La première mesure prévoit des retraits d'un montant minimum annuel des RRI, à compter du 72e anniversaire du participant, comme c'est le cas à l'heure actuelle pour les fonds enregistrés de revenu de retraite. En règle générale, il est proposé que cette mesure s'applique aux années d'imposition 2012 et suivantes.

La deuxième mesure propose de restreindre la capacité de verser à un RRI des cotisations qui se rapportent aux années d'emploi antérieures. Le budget de 2011 propose que les cotisations pour services passés aux termes d'un RRI soient tout d'abord satisfaites par des transferts à même les actifs existants du REER ou par une réduction des droits de cotisation REER non utilisés du participant avant que de nouvelles cotisations pour services passés ne puissent être versées. Cette mesure s'appliquera généralement aux cotisations pour services passés à un RRI effectuées après le 22 mars 2011.

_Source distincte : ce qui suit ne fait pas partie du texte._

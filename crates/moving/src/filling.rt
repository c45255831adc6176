// All arguments' bytes into the three images, every byte of which is written, and out of them again (document 01, "Images and moving bytes").
ghost use Rattle.std.specs.Prelude.{◌≡◌, [], ◌++◌, length};
ghost use Rattle.moving.specs.Images.{addresses_of, framed, frame_of};
ghost use Rattle.moving.specs.Frames.{empty_in, placed_in, gathered_in};
ghost use Rattle.addresses.specs.Addresses.{scatter};
ghost use Rattle.layout.specs.Arguments.{hidden};
ghost use Rattle.moving.specs.Asks.{Lent};

use layout::{Described, Laying, Placement};

// ---- before the first argument

// Zeros, and the hidden address in rdi where it is used.
fn blank_images(used: bool, address: u64, registers: &mut [u8], upper: &mut [u8], stack: &mut [u8])
    requires { (length registers.old ≡ 176) × (length upper.old ≡ 128) }
    ensures { registers.new ++ (upper.new ++ stack.new) ≡ empty_in (framed used [] (length stack.old)) address }
{
    addresses::clear(registers);
    addresses::clear(upper);
    addresses::clear(stack);
    if used {
        images::put_address(registers, address);
    }
}

// ---- all arguments
// The loop stands twice, in place_all and in gather_all: one reads the images, and the other writes them. They are three parameters, as `images` has them.

// Places every argument into the images, over what stands there. Each record is worked out here, and says where the value begins (request 2026-07).
fn place_all(
    described: Described,
    used: bool,
    values: &[u8],
    registers: &mut [u8],
    upper: &mut [u8],
    stack: &mut [u8],
)
    requires { Lent described.bytes.now (length values.now) (length registers.old) (length upper.old) (length stack.old) × (used ≡ hidden described.bytes.now) }
    ensures { registers.new ++ (upper.new ++ stack.new)
        ≡ scatter (registers.old ++ (upper.old ++ stack.old)) (addresses_of described.entry.bytes.now) values.now }
{
    let mut laying = Laying::fresh(used);
    for i in 0..described.arguments() {
        let placement = described.place_argument(i, &mut laying);
        let Placement {
            place,
            size,
            at,
            ..
        } = placement;
        images::place_one(registers, upper, stack, place, size, values, at);
    }
}

// Every byte of the three images: blank, and over that the values.
pub fn fill_images(
    described: Described,
    used: bool,
    address: u64,
    values: &[u8],
    registers: &mut [u8],
    upper: &mut [u8],
    stack: &mut [u8],
)
    requires { Lent described.bytes.now (length values.now) (length registers.old) (length upper.old) (length stack.old) × (used ≡ hidden described.bytes.now) }
    ensures { registers.new ++ (upper.new ++ stack.new) ≡ placed_in (frame_of described.entry.bytes.now) address values.now }
{
    blank_images(used, address, registers, upper, stack);
    place_all(described, used, values, registers, upper, stack);
}

// Gathers every argument out of the images, by the same records.
pub fn gather_all(
    described: Described,
    used: bool,
    registers: &[u8],
    upper: &[u8],
    stack: &[u8],
    values: &mut [u8],
)
    requires { Lent described.bytes.now (length values.old) (length registers.now) (length upper.now) (length stack.now) × (used ≡ hidden described.bytes.now) }
    ensures { values.new ≡ gathered_in (frame_of described.entry.bytes.now) (registers.now ++ (upper.now ++ stack.now)) }
{
    let mut laying = Laying::fresh(used);
    for i in 0..described.arguments() {
        let placement = described.place_argument(i, &mut laying);
        let Placement {
            place,
            size,
            at,
            ..
        } = placement;
        images::gather_one(registers, upper, stack, place, size, values, at);
    }
}
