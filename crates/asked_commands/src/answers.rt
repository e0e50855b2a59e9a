//! A command over files and sinks in memory, and what came of it.

ghost use Rattle.std.specs.Prelude.{◌≡◌, All, IfOk};

use crate::files::{Files, schedule};
use crate::of_ddm_outside::{MemoryShelf, MemorySink, NamedFile, Shelf};
use crate::of_ddm_text::Text;
use ddm_cli::{Status, code, ddm_main};
use std::alloc::Global;
use std::test::Fail;

pub const RUN: &[&str] = &["run", "image", "tree", "schedule"];

pub const TRACE: &[&str] = &["trace", "image", "tree", "schedule"];

pub const UNJAM: &[&str] = &["unjam", "image", "tree", "schedule"];

/// The most bytes that a sink holds, and that it takes at a time.
pub const ROOM: usize = 1 << 20;

const TAKE: usize = 10;

/// What came of a command.
#[derive(Drop)]
pub struct Answer {
    pub status: Status,
    pub out: MemorySink,
    pub faults_out: MemorySink,
}

impl Answer {
    /// Whether the command ended with this number and this line of a fault, and put out nothing.
    pub fn is_refusal(&self, number: u8, line: &str) -> bool {
        let said = match self.faults_out.bytes().split_last() {
            Some((b'\n', said)) => said,
            _ => b"",
        };
        code(&self.status) == number && self.out.bytes().is_empty() && said == line.as_bytes()
    }

    /// Whether the command put out all that it was to.
    pub fn is_done(&self) -> bool {
        code(&self.status) == 0 && self.faults_out.bytes().is_empty()
    }
}

/// A file of these bytes, whose reads haven't failed.
pub fn named(alloc: Global, name: &str, bytes: &[u8]) -> Result<NamedFile, Fail>
    ensures { IfOk result (λ file. file.faults ≡ 0) }
{
    Ok(NamedFile {
        name: Text::of(alloc, name)?,
        bytes: bytes.to_vec(alloc)?,
        faults: 0,
    })
}

/// These files, by the names `tree`, `image` and `schedule`.
pub fn named_files(alloc: Global, files: &Files) -> Result<Vec<NamedFile>, Fail>
    ensures { IfOk result (λ files. All (λ file. file.faults ≡ 0) files.items) }
{
    let mut named_files = Vec::new(alloc);
    named_files.push(named(alloc, "tree", &files.tree)?)?;
    named_files.push(named(alloc, "image", &files.image)?)?;
    named_files.push(named(alloc, "schedule", &files.schedule)?)?;
    Ok(named_files)
}

/// A shelf of these files, whose reads of these numbers fail.
pub fn shelf(alloc: Global, files: &Files, fail: &[u64]) -> Result<MemoryShelf, Fail> {
    Ok(MemoryShelf::new(named_files(alloc, files)?, fail.to_vec(alloc)?))
}

/// A sink that takes ten bytes at a time, and whose writes of these numbers fail.
pub fn sink(alloc: Global, fail: &[u64]) -> Result<MemorySink, Fail> {
    Ok(MemorySink::new(alloc, ROOM, TAKE, fail.to_vec(alloc)?)?)
}

/// The words of a command.
pub fn words_of(alloc: Global, words: &[&str]) -> Result<Vec<String>, Fail> {
    let mut all = Vec::new(alloc);
    for word in words {
        all.push(String::from_str(alloc, word)?)?;
    }
    Ok(all)
}

/// What comes of the command of these words on this shelf and these sinks.
pub fn ask_with<F: Shelf>(
    alloc: Global,
    words: &[&str],
    files: &mut F,
    mut out: MemorySink,
    mut faults_out: MemorySink,
) -> Result<Answer, Fail> {
    let words = words_of(alloc, words)?;
    let status = ddm_main(alloc, &words, files, &mut out, &mut faults_out);
    Ok(Answer {
        status,
        out,
        faults_out,
    })
}

/// What comes of the command of these words where no read and no write fails.
pub fn ask(alloc: Global, words: &[&str], files: &Files) -> Result<Answer, Fail> {
    let mut shelf = shelf(alloc, files, &[])?;
    ask_with(
        alloc,
        words,
        &mut shelf,
        sink(alloc, &[])?,
        sink(alloc, &[])?,
    )
}

/// What the command of these words puts out. It is to be done.
pub fn output(alloc: Global, words: &[&str], files: &Files) -> Result<Vec<u8>, Fail> {
    let answer = ask(alloc, words, files)?;
    if answer.is_done() {
        Ok(answer.out.bytes().to_vec(alloc)?)
    } else {
        Err(Fail::new("the command is done"))
    }
}

/// The number of the first line of a text that is this line.
pub fn line_number(text: &[u8], line: &str) -> Option<usize> {
    text.split(|byte| *byte == b'\n')
        .position(|other| other == line.as_bytes())
}

/// Whether some line of the text begins so.
pub fn has_start(text: &[u8], start: &str) -> bool {
    text.split(|byte| *byte == b'\n')
        .any(|line| line.starts_with(start.as_bytes()))
}

/// The first of these lines that the text doesn't have, or an empty one.
pub fn missing<'a>(text: &[u8], lines: &[&'a str]) -> &'a str {
    for line in lines {
        if line_number(text, line).is_none() {
            return line;
        }
    }
    ""
}

/// A turn of a schedule, and what a trace says of it.
pub type Turn = (&'static str, &'static str);

/// The trace and the report of these turns, each of which is to have its answer.
pub fn traced(
    alloc: Global,
    tree: Vec<u8>,
    image: Vec<u8>,
    turns: &[Turn],
) -> Result<Vec<u8>, Fail> {
    let mut lines = Vec::new(alloc);
    for turn in turns {
        lines.push(turn.0)?;
    }
    let files = Files {
        tree,
        image,
        schedule: schedule(alloc, &lines, 1)?,
    };
    let text = output(alloc, TRACE, &files)?;
    for (number, turn) in turns.iter().enumerate() {
        let line = format!(in alloc; "t {number} {} {}", turn.0, turn.1)?;
        if line_number(&text, line.as_str()) != Some(number) {
            return Err(Fail::new(format_args!("not: {line}")));
        }
    }
    Ok(text)
}
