//! Which classes of items may be in a set.

ghost use Rattle.std.specs.Prelude.{◌≡◌};
ghost use Rattle.attraction_mem.specs.Marks.{is_marked, marked};

use ddm_types::{Divisor, ItemId};

/// The items of a set are in so many classes, by what is left of their number where the set's is taken away.
const CLASSES: u32 = 64;

/// Whether the item's class is marked in its set.
#[inline(always)]
pub fn is_marked(sets: &Divisor, marks: &[u64], item: ItemId) -> bool
    ensures { result ≡ is_marked sets.now item marks.now }
{
    let (class, set) = sets.divide(item.0);
    match marks.get(set as usize) {
        Some(of_set) => *of_set >> (class % CLASSES) & 1 == 1,
        None => false,
    }
}

/// Marks the item's class in its set.
#[inline(always)]
pub fn mark(sets: &Divisor, marks: &mut [u64], item: ItemId)
    ensures { marks.new ≡ marked sets.now item marks.old }
{
    let (class, set) = sets.divide(item.0);
    if (set as usize) < marks.len() {
        marks[set as usize] = marks[set as usize] | 1 << (class % CLASSES);
    }
}
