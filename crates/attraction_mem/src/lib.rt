//! The memory of a leaf: items in the ways of their sets, each with a state and its words.
#![tactic(auto)]

mod copying;
mod marks;
mod memory;
pub mod of_ddm_types;
mod places;

pub use memory::{AttractionMem, SetFull};
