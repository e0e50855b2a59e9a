//! A leaf's memory in sets and ways.

ghost use Rattle.std.specs.Prelude.{◌≡◌, ◌+◌, ◌*◌, ◌%◌, ◌<◌, ◌≤◌, ◌↔◌, ℕ, [], length, Option, Some, None, Ok, IfOk};
ghost use Rattle.std.specs.Prelude.{IfErr, OnErr, IfSome, IfNone, IsSome, is_some, slice_index_or};
ghost use Rattle.std.specs.Option.{option_map};
ghost use Rattle.ddm_types.specs.declared.sizes.LeafState.{LeafState as State};
ghost use Rattle.attraction_mem.specs.Memory.{entry_of, empty_memory, StandsIn, StandsAs, IsFree, IsLowestFree};
ghost use Rattle.attraction_mem.specs.Memory.{IsFull, with_entry, place_of, without_entry, with_state, with_words};
ghost use Rattle.attraction_mem.specs.Memory.{way_and_state, state_and_words};

use crate::copying::copy_sets;
use crate::marks::{is_marked, mark};
use crate::places::{find_free, find_tag, first_place};
use ddm_types::{Divisor, ItemId, LeafState, NoMemory, Words};
use std::alloc::Global;
use std::marker::Model;

/// All ways of the set with this number are taken.
#[derive(Clone, Copy, Debug, PartialEq, Eq)]
pub struct SetFull(pub u32);

/// The items that stand in a leaf, each in one of the `WAYS` ways of its set, with its state and its
/// `WORDS` words. An item's set is its number modulo the number of sets.
#[derive(Drop)]
pub struct AttractionMem<const WAYS: usize, const WORDS: usize> {
    sets: Divisor,
    tags: Vec<Option<(ItemId, LeafState)>>,
    words: Vec<Words<WORDS>>,
    /// For each set the classes of its items that may stand in it. An item of another one is told to be absent by one look.
    marks: Vec<u64>,
}

impl<const WAYS: usize, const WORDS: usize> Model for AttractionMem<WAYS, WORDS> {
    ghost use Rattle.attraction_mem.specs.Memory.{MemoryValue, memory_code};
    ghost use Rattle.attraction_mem.specs.Marks.{AreMarked};
    ghost use Rattle.attraction_mem.specs.Places.{memory_of, IsKept};

    ghost Value = { MemoryValue };

    ghost coded = { memory_code };

    ghost view = { λ m. memory_of WAYS m.sets m.tags.items m.words.items };

    ghost invariant = { λ m. IsKept WAYS m.sets m.tags.items m.words.items × AreMarked m.sets m.tags.items m.marks.items };
}

impl<const WAYS: usize, const WORDS: usize> AttractionMem<WAYS, WORDS> {
    /// The only call that takes memory.
    pub fn new(alloc: Global, sets: u32) -> Result<Self, NoMemory>
        requires some_sets { 0 < sets }
        requires few_sets { sets ≤ 4096 }
        requires some_ways { 0 < WAYS }
        requires few_ways { WAYS ≤ 4 }
        ensures { IfOk result (λ m. m ≡ empty_memory sets) }
    {
        let places = sets as usize * WAYS;
        let tags = vec![in alloc; None; places]?;
        let words = vec![in alloc; Words { w: [0; WORDS] }; places]?;
        let marks = vec![in alloc; 0; sets as usize]?;
        Ok(AttractionMem {
            sets: Divisor::new(sets),
            tags,
            words,
            marks,
        })
    }

    /// Takes all items out.
    pub fn clear(&mut self)
        ensures { self.new ≡ empty_memory self.old.sets }
    {
        self.tags.fill(None);
        self.marks.fill(0);
    }

    /// How many sets it has: so few that all ways can be counted.
    pub fn sets(&self) -> u32
        ensures sets { result ≡ self.now.sets }
        ensures some { 0 < result }
        ensures few { result * WAYS ≤ 16384 }
    {
        self.sets.by()
    }

    /// The number of the item's set.
    fn set_of(&self, item: ItemId) -> u32
        ensures set { result ≡ item % self.now.sets }
        ensures inside { result < self.now.sets }
        ensures some_ways { 0 < WAYS }
    {
        self.sets.remainder(item.0)
    }

    /// How many ways each set has.
    pub fn ways(&self) -> u32
        ensures { result ≡ WAYS }
    {
        let _ = &self.sets;
        WAYS as u32
    }

    /// The item's way and state.
    pub fn find(&self, item: ItemId) -> Option<(u32, LeafState)>
        ensures value { result ≡ option_map way_and_state (entry_of self.now item) }
        ensures exists { IfSome result (λ found. found.0 < WAYS) }
    {
        if !is_marked(&self.sets, &self.marks, item) {
            return None;
        }
        let (place, state) = find_tag::<WAYS>(&self.sets, &self.tags, item)?;
        Some(((place % WAYS) as u32, state))
    }

    pub fn words(&self, item: ItemId) -> Option<Words<WORDS>>
        ensures { result ≡ option_map (λ entry. entry.words) (entry_of self.now item) }
    {
        let (place, _) = find_tag::<WAYS>(&self.sets, &self.tags, item)?;
        Some(self.words[place])
    }

    /// The state of the item's entry, and its place, by which it can be changed without a second search.
    #[inline(always)]
    pub fn seek(&self, item: ItemId) -> Option<(usize, LeafState)>
        ensures place { option_map (λ found. found.0) result ≡ place_of WAYS self.now item }
        ensures state { option_map (λ found. found.1) result ≡ option_map (λ entry. entry.state) (entry_of self.now item) }
    {
        if !is_marked(&self.sets, &self.marks, item) {
            return None;
        }
        find_tag::<WAYS>(&self.sets, &self.tags, item)
    }

    /// The words of the item, of which this is the place.
    #[inline(always)]
    pub fn words_at(&self, _item: ItemId, place: usize) -> Words<WORDS>
        requires { place_of WAYS self.now _item ≡ Some place }
        ensures { Some result ≡ option_map (λ entry. entry.words) (entry_of self.now _item) }
    {
        self.words[place]
    }

    /// The lowest free way of the item's set.
    pub fn free_way(&self, item: ItemId) -> Option<u32>
        ensures lowest { IfSome result (IsLowestFree WAYS self.now (item % self.now.sets)) }
        ensures full { IfNone result (IsFull WAYS self.now (item % self.now.sets)) }
    {
        let way = find_free::<WAYS>(&self.sets, &self.tags, item)?;
        Some(way as u32)
    }

    /// Puts the item into the lowest free way of its set, which is the answer.
    pub fn place(
        &mut self,
        item: ItemId,
        state: LeafState,
        words: Words<WORDS>,
    ) -> Result<u32, SetFull>
        requires { entry_of self.old item ≡ None }
        ensures lowest { IfOk result (IsLowestFree WAYS self.old (item % self.old.sets)) }
        ensures placed { IfOk result (λ way. self.new ≡ with_entry self.old item way state words.entry) }
        ensures full { OnErr result (IsFull WAYS self.old (item % self.old.sets)) }
        ensures set { IfErr result (λ full. full.0 ≡ item % self.old.sets) }
        ensures same { OnErr result (self.new ≡ self.old) }
    {
        let Some(way) = self.free_way(item) else {
            return Err(SetFull(self.set_of(item)));
        };
        self.place_at(item, way, state, words);
        Ok(way)
    }

    /// The item in way `victim % WAYS` of the item's set.
    pub fn victim(&self, item: ItemId, victim: u8) -> ItemId
        requires { IsFull WAYS self.now (item % self.now.sets) }
        ensures { (other : ℕ) → (result ≡ other) ↔ StandsIn self.now (item % self.now.sets) (victim % WAYS) other }
    {
        let set = self.set_of(item);
        let way = usize::from(victim) % WAYS;
        self.at(set, way as u32).unwrap()
    }

    /// The item in that way of that set.
    pub fn at(&self, set: u32, way: u32) -> Option<ItemId>
        requires set { set < self.now.sets }
        requires way { way < WAYS }
        ensures { (item : ℕ) → (result ≡ Some item) ↔ StandsIn self.now set way item }
    {
        let (item, _) = self.tags[set as usize * WAYS + way as usize]?;
        Some(item)
    }

    /// The item in that way of this item's set.
    pub fn beside(&self, item: ItemId, way: u32) -> Option<ItemId>
        requires { way < WAYS }
        ensures { (other : ℕ) → (result ≡ Some other) ↔ StandsIn self.now (item % self.now.sets) way other }
    {
        self.at(self.set_of(item), way)
    }

    /// Puts the item into that way of its set.
    pub fn place_at(&mut self, item: ItemId, way: u32, state: LeafState, words: Words<WORDS>)
        requires absent { entry_of self.old item ≡ None }
        requires exists { way < WAYS }
        requires free { IsFree self.old (item % self.old.sets) way }
        ensures { self.new ≡ with_entry self.old item way state words.entry }
    {
        let free = first_place::<WAYS>(&self.sets, item) + way as usize;
        self.tags[free] = Some((item, state));
        self.words[free] = words;
        mark(&self.sets, &mut self.marks, item);
    }

    /// Takes the item out, where it stands here.
    pub fn remove(&mut self, item: ItemId) -> Option<(LeafState, Words<WORDS>)>
        ensures value { result ≡ option_map state_and_words (entry_of self.old item) }
        ensures removed { self.new ≡ without_entry self.old item }
    {
        let (place, state) = find_tag::<WAYS>(&self.sets, &self.tags, item)?;
        self.tags[place] = None;
        Some((state, self.words[place]))
    }

    pub fn set_state(&mut self, item: ItemId, state: LeafState)
        requires { IsSome (entry_of self.old item) }
        ensures { self.new ≡ with_state self.old item state }
    {
        let (place, _) = find_tag::<WAYS>(&self.sets, &self.tags, item).unwrap();
        self.tags[place] = Some((item, state));
    }

    pub fn set_words(&mut self, item: ItemId, words: Words<WORDS>)
        requires { IsSome (entry_of self.old item) }
        ensures { self.new ≡ with_words self.old item words.entry }
    {
        let (place, _) = find_tag::<WAYS>(&self.sets, &self.tags, item).unwrap();
        self.words[place] = words;
    }

    /// The item, of which this is the place, gets this state.
    #[inline(always)]
    pub fn set_state_at(&mut self, item: ItemId, place: usize, state: LeafState)
        requires { place_of WAYS self.old item ≡ Some place }
        ensures { self.new ≡ with_state self.old item state }
    {
        self.tags[place] = Some((item, state));
    }

    /// The item, of which this is the place, gets this state and these words.
    #[inline(always)]
    pub fn change_at(&mut self, item: ItemId, at: usize, state: LeafState, words: Words<WORDS>)
        requires { place_of WAYS self.old item ≡ Some at }
        ensures { self.new ≡ with_words (with_state self.old item state) item words.entry }
    {
        self.tags[at] = Some((item, state));
        self.words[at] = words;
    }

    /// Takes the item out, of which this is the place.
    #[inline(always)]
    pub fn remove_at(&mut self, _item: ItemId, at: usize)
        requires { place_of WAYS self.old _item ≡ Some at }
        ensures { self.new ≡ without_entry self.old _item }
    {
        self.tags[at] = None;
    }

    /// Becomes a copy of another memory with as many sets. It takes no memory.
    pub fn copy_from(&mut self, other: &Self)
        requires { self.old.sets ≡ other.now.sets }
        ensures { self.new ≡ other.now }
    {
        copy_sets::<WAYS, WORDS>(
            &mut self.tags,
            &mut self.words,
            &mut self.marks,
            &other.tags,
            &other.words,
            &other.marks,
        );
    }

    /// A tag for each way of each set, one set after the other: the item that stands there and its state.
    pub fn tags(&self) -> &[Option<(ItemId, LeafState)>]
        ensures places { length result.now ≡ self.now.sets * WAYS }
        ensures standing { (set way item : ℕ) (state : State) → way < WAYS →
            (slice_index_or result.now (set * WAYS + way) None ≡ Some (item, state)) ↔ StandsAs self.now set way item state }
        ensures inside { (item : ℕ) → IfSome (entry_of self.now item) (λ entry. entry.way < WAYS) }
    {
        &self.tags
    }

    /// The words of the same places. Those of a place with no tag mean nothing.
    pub fn stored(&self) -> &[Words<WORDS>]
        ensures places { length result.now ≡ self.now.sets * WAYS }
        ensures standing { (item : ℕ) → IfSome (entry_of self.now item) (λ entry.
            slice_index_or result.now (item % self.now.sets * WAYS + entry.way) [] ≡ entry.words) }
    {
        &self.words
    }
}
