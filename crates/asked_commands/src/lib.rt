//! What the worked examples of whole commands share: images, trees and schedules, and what comes of a command over them; and what the
//! clauses of the top call alone say of it over shelves and sinks in memory.
#![tactic(auto)]

pub mod answers;
pub mod asked;
pub mod files;
pub mod of_ddm_outside;
pub mod of_ddm_text;
pub mod of_ddm_types;
pub mod of_elf_load;
pub mod of_witness_check;
pub mod roomy_sink;

pub use ddm_cli::{Status, code};
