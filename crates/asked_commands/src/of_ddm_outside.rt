//! What this crate and those above it name of `ddm_outside`.

pub use ddm_cli::of_ddm_outside::{Failed, MemoryShelf, MemorySink, NamedFile, Shelf, Sink};
pub use ddm_outside::{SoundShelf, SoundSink};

Régimes de participation des employés aux bénéfices

Le budget de 2011 fait part d'une préoccupation selon laquelle les régimes de participation des employés aux bénéfices (RPEB) peuvent être utilisés afin de favoriser la participation des membres de la famille aux bénéfices dans le but de réduire ou de reporter l'impôt sur ces bénéfices, ou pour éviter de cotiser au Régime de pensions du Canada et de verser des cotisations d'assurance-emploi. Le gouvernement prévoit tenir des consultations auprès des intervenants afin de réviser les règles existantes.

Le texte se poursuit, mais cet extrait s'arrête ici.